Given Intel has had the lead in transistor density for years, and will
continue to do so for at least a few more years, I wonder why Intel hasn't
jump into this earlier.

The largest obstacle in GPU is actually the software and driver support.
Especially in gaming. Middleware Engines has made this 10x easier. but it is
still a fairly hard problem.

I wish they would call their new silicon as AGP; Advanced Graphics Processor.
:P

------
dawnerd
This will be great for everyone. About time theres some more competition.

------
petecox
Call me a conspiracist but Intel strategically are roadmapping an exit of the
IGP market? Perhaps a new focus on high performance OpenCL computing, if the
returns on low-power IGP are diminished, viz:

(1) The Vega partnership with AMD (2) thunderbolt eGPUs (3) Apple PowerVR-less
in A1x chips (4) Adreno on budget Win 10 devices.

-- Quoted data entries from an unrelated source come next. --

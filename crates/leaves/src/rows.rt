// Which rows entries meet.

// The rows that entries meet in order: those that a list names, one for each entry, or without a list those from `lo` on.
// With a list `lo` is not read.
#[derive(Clone, Copy)]
pub struct Rows<'a> {
    pub lo: u32,
    pub list: Option<&'a [u32]>,
}
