// The receiver: it asks a cache for its table, listens to what comes, and keeps two rooms: the live one, which is whole or the one before, and the
// working one, which is made live by the End of Data. Every call takes every input and tests first that the memory lent is of receiver
// shape (22); a stop clears what is held and the working room, keeps the live room, and repeats until a reconnect.
#![tactic(auto)]

ghost use Rattle.std.specs.Prelude.{◌≡◌, ◌+◌, ◌<◌, ◌≤◌, true, cond, [], length, replicate, ◌==◌};
ghost use Rattle.rtr_models.specs.Codes.{version_number};
ghost use Rattle.rtr_codec.specs.Answers.{number_of};
ghost use Rattle.rtr_room.specs.Table.{enter, leave};
ghost use Rattle.rtr_room.specs.Room.{is_room, limit_of, records};
ghost use Rattle.rtr_receiver.specs.Receiver.{changed_to, finish, no_update, on_kind, on_pdu, listens, compared};
ghost use Rattle.rtr_receiver.specs.Promises.{NotifySays, stop_said, change_under_way, is_loading, stage_of, receiver_of, in_order, is_receiver, FedAs, start_says, start_said, full_ask_says, change_ask_says, ask_said, reconnect_says, reconnect_said, notify_says, notify_said, record_limit, is_limit, tabled, cleared};
ghost use Rattle.rtr_receiver.specs.Private.{AnnouncedAt, GatheredOne, GatheredTo, TakenTo, may_gather, BothRooms, Stands, Did, response_in, reset_in, end_in, carried_by, carried_out, Makes, Updates, Decides, DecidesOn, Filled, stopped_session, asked_for, after_pdu, feed_here, StepAsks, Stepped};

use rtr_codec::parse_rtr_pdu;
use rtr_encode::{EncodeError, encode_reset_query, encode_serial_query};
use rtr_models::*;
use rtr_room::{
    EnterError, LeaveError, Position, Record, copy, empty, enter, leave, look_up, merge, rules,
};
use rtr_stream::{SearchError, Stream, StreamError, is_stream, search};

// How many records a room has at the most.
pub const RECORD_LIMIT: usize = 1024;

// How many announcements gather before they are merged: the tail is a room of so many, 3 KiB of stack.
const RUN_LIMIT: usize = 128;

// ---- The session record

// What a load was asked as.
#[derive(Clone, Copy)]
pub enum LoadKind {
    Full,
    Change,
}

// Why a receiver stopped; `number` gives document 01's number of it.
#[derive(Clone, Copy)]
pub enum Stop {
    Stream(StreamError),
    OutOfTurn,
    OtherVersion,
    OtherSession,
    NotIn,
    AlreadyIn,
    RoomFull,
    ErrorReport(RtrErrorCode),
}

// A load holds its kind and its session, a stop its reason.
#[derive(Clone, Copy)]
pub enum Phase {
    Idle,
    MustReset,
    AskedFull,
    AskedChange,
    Loading(LoadKind, u16),
    Stopped(Stop),
}

// What the last End of Data said of the live table.
#[derive(Clone, Copy)]
pub struct Table {
    pub session: u16,
    pub serial: u32,
    pub refresh: u32,
    pub retry: u32,
    pub expire: u32,
}

// What is fixed for a receiver's life: its version, and how many records a room has at the most.
#[derive(Clone, Copy)]
pub struct Life {
    pub version: RtrProtocolVersion,
    pub limit: usize,
}

// How much of a room is in use.
#[derive(Clone, Copy)]
pub struct Counts {
    pub records: usize,
}

// A receiver between two calls: what is in use of the live and the working room, and how many bytes of the hold.
#[derive(Clone, Copy)]
pub struct Session {
    pub life: Life,
    pub phase: Phase,
    pub table: Option<Table>,
    pub note: Option<(u16, u32)>,
    pub live: Counts,
    pub working: Counts,
    pub held: usize,
}

// ---- Answers

// Refusal 22: memory that is not of receiver shape.
#[derive(Clone, Copy)]
pub struct NotAReceiver;

#[derive(Clone, Copy)]
pub enum AskError {
    NotAReceiver,
    WrongPhase,
    NoTable,
    Encoding(EncodeError),
}

#[derive(Clone, Copy)]
pub struct AskedSession {
    pub session: Session,
    pub answer: Result<usize, AskError>,
}

// Why a feed does not go on.
#[derive(Clone, Copy)]
pub enum FeedError {
    Stopped(Stop),
    NotAReceiver,
}

// What a feed did: bytes taken, updates finished, and whether it goes on.
#[derive(Clone, Copy)]
pub struct Done {
    pub taken: usize,
    pub updates: usize,
    pub answer: Result<(), FeedError>,
}

#[derive(Clone, Copy)]
pub struct Fed {
    pub session: Session,
    pub done: Done,
}

#[derive(Clone, Copy)]
pub struct Reconnected {
    pub session: Session,
    pub answer: Result<(), NotAReceiver>,
}

// A Serial Notify beside the table's serial.
#[derive(Clone, Copy)]
pub enum Comparison {
    None,
    OtherSession,
    Same,
    Newer,
    Older,
    Undefined,
}
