// What the disk has of each node, from the parts that a recovery kept.
ghost use Rattle.std.specs.Prelude.{◌≡◌, map, IfOk};
ghost use Rattle.keyed_list.specs.Ascending.{AscendBy};
ghost use Rattle.disk_nodes.specs.Nodes.{entry_node};
ghost use Rattle.mount_begin.specs.Mounted.{entry_mounted};

use disk_nodes::{DirectorySlots, OldDisk, OldEntry, OldNode};
use disk_tree::{KeptPart, PartList};
use sfs_base::{NoMemory, NodeId};
use std::alloc::Global;

/// The entries of these parts, which ascend by inode: each node has the number of its inode.
pub fn entries_of(alloc: Global, parts: PartList) -> Result<OldDisk, NoMemory>
    requires { AscendBy entry_node (map entry_mounted parts.items) }
    ensures { IfOk result (λ old. old.items ≡ map entry_mounted parts.items) }
{
    let mut entries = Vec::new(alloc);
    for part in parts.into_vec() {
        entries.push(entry_of(alloc, part)?)?;
    }
    Ok(OldDisk::from_vec(entries))
}

// The entry of a part.
fn entry_of(alloc: Global, part: KeptPart) -> Result<OldEntry, NoMemory>
    ensures { IfOk result (λ entry. entry ≡ entry_mounted part) }
{
    let KeptPart {
        inode,
        meta,
        tables,
        slots,
    } = part;
    Ok(OldEntry {
        node: NodeId(inode),
        old: OldNode {
            inode,
            meta,
            tables,
            slots: DirectorySlots::from_list(alloc, slots)?,
        },
    })
}
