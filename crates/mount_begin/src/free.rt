// Which blocks and inodes of a disk are free.
ghost use Rattle.std.specs.Prelude.{◌≡◌, map, IfOk};
ghost use Rattle.sfs_image.specs.Super.{InRange};
ghost use Rattle.disk_change.specs.GivenUp.{entry_number};
ghost use Rattle.mount_begin.specs.Mounted.{IsFreeSpace};

use disk_change::held_blocks;
use disk_nodes::{OldDisk, OldEntry};
use fmt_super::Layout;
use sfs_base::NoMemory;
use space_map::SpaceMap;
use std::alloc::Global;

/// The blocks of the data area that no node holds, and the inodes that none has.
pub fn free_space(alloc: Global, layout: &Layout, old: &OldDisk) -> Result<SpaceMap, NoMemory>
    requires { InRange layout.now }
    ensures { IfOk result (IsFreeSpace layout.now old.now.items) }
{
    let held = held_blocks(alloc, old)?;
    let used = inodes_of(alloc, old.as_slice())?;
    let space = SpaceMap::new(
        alloc,
        layout.data_at(),
        layout.blocks,
        layout.inodes,
        held.as_slice(),
        &used,
    )?;
    Ok(space)
}

// The inodes of entries.
fn inodes_of(alloc: Global, entries: &[OldEntry]) -> Result<Vec<u32>, NoMemory>
    ensures { IfOk result (λ inodes. inodes.items ≡ map entry_number entries.now) }
{
    let mut inodes = Vec::with_capacity(alloc, entries.len())?;
    for entry in entries {
        inodes.push(entry.old.inode)?;
    }
    Ok(inodes)
}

Headless desktop motherboards, with Intel Inside laptops and NUCs utilizing
Vega graphics would be my prediction.

------
simcop2387
I really hope they don't do weird market segmentation stuff with their virtual
gpu support. They've got the best support for doing that with qemu/kvm
currently. Amds sr-iov support exists but the hardware support isn't very
widespread still. No idea about the Nvidia side of things.

------
mikece
Hedging bets against the rise of ARM processors?

------
crb002
I'm surprised they don't make lossy GPUs that have a few defects among the
obscene amount of transistors. Consumer graphics you wouldn't know the
difference.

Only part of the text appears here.